▶ [Description of the task] These records must be written out again exactly.

▶ [Extracted entries]
________________________

//! Stores of SHA-256 objects on disks in memory, against entries whose ids git worked out.
ghost use Rattle.std.specs.Prelude.{IfOk, IfSome};
ghost use Rattle.arch_base.specs.Configs.{IsConfig};
ghost use Rattle.disk_model.specs.Disk.{WhereTold};
ghost use Rattle.epoch_store.specs.Commands.{StoreHasSizes};

use crate::making_tests::{FIRST_EPOCH, Length, MAP, ROOT, have_lengths, make_by, put, text_of};
use crate::removal_tests::remove_first;
use arch_base::{Config, Form, Name, id_of_hex};
use arch_model::OpenRefusal;
use disk_model::{Disk, MemDisk};
use epoch_file::StoreRefusal;
use epoch_store::Store;
use fixtures::{FIRST, SECOND, empty_disk, write};
use std::alloc::Global;
use std::process::Abort;
use std::test::Fail;

/// The blob id of the first mail.
const BLOB: &[u8] = b"70b16dd75f8e20a6ef189426d439d7b42c747bf41f86ce4d7127c6e6fe19cd8f";

/// The commit of the first mail, as the first of its epoch.
const COMMIT: &[u8] = b"d19879bb23cab42831fe17e24121a2dafff4923380bb817515cd88dce7c2f63d";

/// The commit of the second mail, after that of the first.
const OTHER_COMMIT: &[u8] = b"c6c396bf1ed2055ad13506b66dcb4100a8c755daa51ae0c27c020311e1c3c017";

/// The commit of the removal of the first mail, after that of the second.
const REMOVAL: &[u8] = b"dc16e2a70742fd93a58ead7bf540cca89aaa8485879d3c28c1365f62ac13b774";

/// The files of an archive of two messages and a removal: two records of 40 bytes, and three entries.
static FILES: [Length; 3] = [
    Length {
        file: ROOT,
        length: 4096,
    },
    Length {
        file: MAP,
        length: 80,
    },
    Length {
        file: FIRST_EPOCH,
        length: 1184,
    },
];

/// Returns the settings of an archive of a form.
pub(crate) fn settings(form: Form, mirror: bool) -> Option<Config>
    ensures { IfSome result IsConfig }
{
    let name = Name::read(b"list")?;
    Some(Config {
        name,
        limit: 2000,
        slice: 50000,
        max: 10,
        mirror,
        born: 1,
        form,
    })
}

/// Makes an archive of a form.
fn make<D: Disk>(alloc: Global, disk: &mut D, form: Form) -> Result<Store, StoreRefusal>
    ensures sizes { IfOk result (λ store. WhereTold (StoreHasSizes store) (D.content disk.new)) }
{
    match settings(form, false) {
        Some(config) => make_by(alloc, disk, &config),
        None => Err(StoreRefusal::Damaged { file: ROOT, at: 1 }),
    }
}

/// Makes such an archive, appends both messages to it, and removes the first one.
pub(crate) fn fill<D: Disk>(alloc: Global, disk: &mut D, form: Form) -> Result<Store, StoreRefusal>
    ensures sizes { IfOk result (λ store. WhereTold (StoreHasSizes store) (D.content disk.new)) }
{
    let mut store = make(alloc, disk, form)?;
    put(alloc, disk, &mut store, FIRST)?;
    put(alloc, disk, &mut store, SECOND)?;
    remove_first(alloc, disk, &mut store)?;
    Ok(store)
}

/// Returns whether the entry at an index has a commit.
fn has_commit(store: &Store, index: u64, commit: &[u8]) -> bool {
    match store.entry(index) {
        Some(line) => Some(line.commit) == id_of_hex(commit, Form::Sha256),
        None => false,
    }
}

/// Returns whether an archive is of SHA-256 objects, and its entries are those of both messages and of
/// the removal.
pub(crate) fn has_entries(store: &Store) -> bool {
    let Some(line) = store.entry(0) else {
        return false;
    };
    let named = Some(line.blob) == id_of_hex(BLOB, Form::Sha256);
    let both = has_commit(store, 0, COMMIT) && has_commit(store, 1, OTHER_COMMIT);
    let form = store.config().form == Form::Sha256;
    form && named && both && has_commit(store, 2, REMOVAL) && store.entry(3).is_none()
}

/// Returns the disk of an archive that has these entries and files, or `None`.
fn filled(alloc: Global) -> Result<Option<MemDisk>, Fail> {
    let mut disk = empty_disk(alloc);
    let store = fill(alloc, &mut disk, Form::Sha256)?;
    let same = has_entries(&store) && have_lengths(&mut disk, &FILES)?;
    Ok(same.then_some(disk))
}

/// Opens an archive, and returns whether its first text is read.
pub(crate) fn reads_first(
    rt: &impl Abort,
    alloc: Global,
    disk: &mut MemDisk,
) -> Result<bool, Fail> {
    let (store, _index) = Store::open(alloc, disk)?;
    assert!(rt; has_entries(&store));
    let text = text_of(alloc, disk, &store, 0)?;
    Ok(text.as_slice().ends_with(FIRST))
}

#[test]
fn a_store_names_its_objects_by_the_sha_256(rt: HostRuntime) -> Result<(), Fail> {
    let mut disk = filled(rt.alloc())?.ok_or("not filled")?;
    assert!(rt; reads_first(&rt, rt.alloc(), &mut disk)?);
    Ok(())
}

/// Returns whether a disk isn't opened since the first bytes of its epoch are damaged.
fn is_damaged(alloc: Global, disk: &mut MemDisk) -> bool {
    match Store::open(alloc, disk) {
        Ok(_) => false,
        Err(refusal) => {
            refusal
                == OpenRefusal::Damaged {
                    file: FIRST_EPOCH,
                    at: 0,
                }
        }
    }
}

#[test]
fn an_epoch_of_sha_1_objects_is_damaged_there(rt: HostRuntime) -> Result<(), Fail> {
    let mut disk = filled(rt.alloc())?.ok_or("not filled")?;
    write(&mut disk, FIRST_EPOCH, 6, b"1")?;
    assert!(rt; is_damaged(rt.alloc(), &mut disk));
    Ok(())
}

________________________

▶ [Expected output]
//! Stores of SHA-256 objects on disks in memory, against entries whose ids git worked out.
ghost use Rattle.std.specs.Prelude.{IfOk, IfSome};
ghost use Rattle.arch_base.specs.Configs.{IsConfig};
ghost use Rattle.disk_model.specs.Disk.{WhereTold};
ghost use Rattle.epoch_store.specs.Commands.{StoreHasSizes};

use crate::making_tests::{FIRST_EPOCH, Length, MAP, ROOT, have_lengths, make_by, put, text_of};
use crate::removal_tests::remove_first;
use arch_base::{Config, Form, Name, id_of_hex};
use arch_model::OpenRefusal;
use disk_model::{Disk, MemDisk};
use epoch_file::StoreRefusal;
use epoch_store::Store;
use fixtures::{FIRST, SECOND, empty_disk, write};
use std::alloc::Global;
use std::process::Abort;
use std::test::Fail;

/// The blob id of the first mail.
const BLOB: &[u8] = b"70b16dd75f8e20a6ef189426d439d7b42c747bf41f86ce4d7127c6e6fe19cd8f";

/// The commit of the first mail, as the first of its epoch.
const COMMIT: &[u8] = b"d19879bb23cab42831fe17e24121a2dafff4923380bb817515cd88dce7c2f63d";

/// The commit of the second mail, after that of the first.
const OTHER_COMMIT: &[u8] = b"c6c396bf1ed2055ad13506b66dcb4100a8c755daa51ae0c27c020311e1c3c017";

/// The commit of the removal of the first mail, after that of the second.
const REMOVAL: &[u8] = b"dc16e2a70742fd93a58ead7bf540cca89aaa8485879d3c28c1365f62ac13b774";

/// The files of an archive of two messages and a removal: two records of 40 bytes, and three entries.
static FILES: [Length; 3] = [
    Length {
        file: ROOT,
        length: 4096,
    },
    Length {
        file: MAP,
        length: 80,
    },
    Length {
        file: FIRST_EPOCH,
        length: 1184,
    },
];

/// Returns the settings of an archive of a form.
pub(crate) fn settings(form: Form, mirror: bool) -> Option<Config>
    ensures { IfSome result IsConfig }
{
    let name = Name::read(b"list")?;
    Some(Config {
        name,
        limit: 2000,
        slice: 50000,
        max: 10,
        mirror,
        born: 1,
        form,
    })
}

/// Makes an archive of a form.
fn make<D: Disk>(alloc: Global, disk: &mut D, form: Form) -> Result<Store, StoreRefusal>
    ensures sizes { IfOk result (λ store. WhereTold (StoreHasSizes store) (D.content disk.new)) }
{
    match settings(form, false) {
        Some(config) => make_by(alloc, disk, &config),
        None => Err(StoreRefusal::Damaged { file: ROOT, at: 1 }),
    }
}

/// Makes such an archive, appends both messages to it, and removes the first one.
pub(crate) fn fill<D: Disk>(alloc: Global, disk: &mut D, form: Form) -> Result<Store, StoreRefusal>
    ensures sizes { IfOk result (λ store. WhereTold (StoreHasSizes store) (D.content disk.new)) }
{
    let mut store = make(alloc, disk, form)?;
    put(alloc, disk, &mut store, FIRST)?;
    put(alloc, disk, &mut store, SECOND)?;
    remove_first(alloc, disk, &mut store)?;
    Ok(store)
}

/// Returns whether the entry at an index has a commit.
fn has_commit(store: &Store, index: u64, commit: &[u8]) -> bool {
    match store.entry(index) {
        Some(line) => Some(line.commit) == id_of_hex(commit, Form::Sha256),
        None => false,
    }
}

/// Returns whether an archive is of SHA-256 objects, and its entries are those of both messages and of
/// the removal.
pub(crate) fn has_entries(store: &Store) -> bool {
    let Some(line) = store.entry(0) else {
        return false;
    };
    let named = Some(line.blob) == id_of_hex(BLOB, Form::Sha256);
    let both = has_commit(store, 0, COMMIT) && has_commit(store, 1, OTHER_COMMIT);
    let form = store.config().form == Form::Sha256;
    form && named && both && has_commit(store, 2, REMOVAL) && store.entry(3).is_none()
}

/// Returns the disk of an archive that has these entries and files, or `None`.
fn filled(alloc: Global) -> Result<Option<MemDisk>, Fail> {
    let mut disk = empty_disk(alloc);
    let store = fill(alloc, &mut disk, Form::Sha256)?;
    let same = has_entries(&store) && have_lengths(&mut disk, &FILES)?;
    Ok(same.then_some(disk))
}

/// Opens an archive, and returns whether its first text is read.
pub(crate) fn reads_first(
    rt: &impl Abort,
    alloc: Global,
    disk: &mut MemDisk,
) -> Result<bool, Fail> {
    let (store, _index) = Store::open(alloc, disk)?;
    assert!(rt; has_entries(&store));
    let text = text_of(alloc, disk, &store, 0)?;
    Ok(text.as_slice().ends_with(FIRST))
}

#[test]
fn a_store_names_its_objects_by_the_sha_256(rt: HostRuntime) -> Result<(), Fail> {
    let mut disk = filled(rt.alloc())?.ok_or("not filled")?;
    assert!(rt; reads_first(&rt, rt.alloc(), &mut disk)?);
    Ok(())
}

/// Returns whether a disk isn't opened since the first bytes of its epoch are damaged.
fn is_damaged(alloc: Global, disk: &mut MemDisk) -> bool {
    match Store::open(alloc, disk) {
        Ok(_) => false,
        Err(refusal) => {
            refusal
                == OpenRefusal::Damaged {
                    file: FIRST_EPOCH,
                    at: 0,
                }
        }
    }
}

#[test]
fn an_epoch_of_sha_1_objects_is_damaged_there(rt: HostRuntime) -> Result<(), Fail> {
    let mut disk = filled(rt.alloc())?.ok_or("not filled")?;
    write(&mut disk, FIRST_EPOCH, 6, b"1")?;
    assert!(rt; is_damaged(rt.alloc(), &mut disk));
    Ok(())
}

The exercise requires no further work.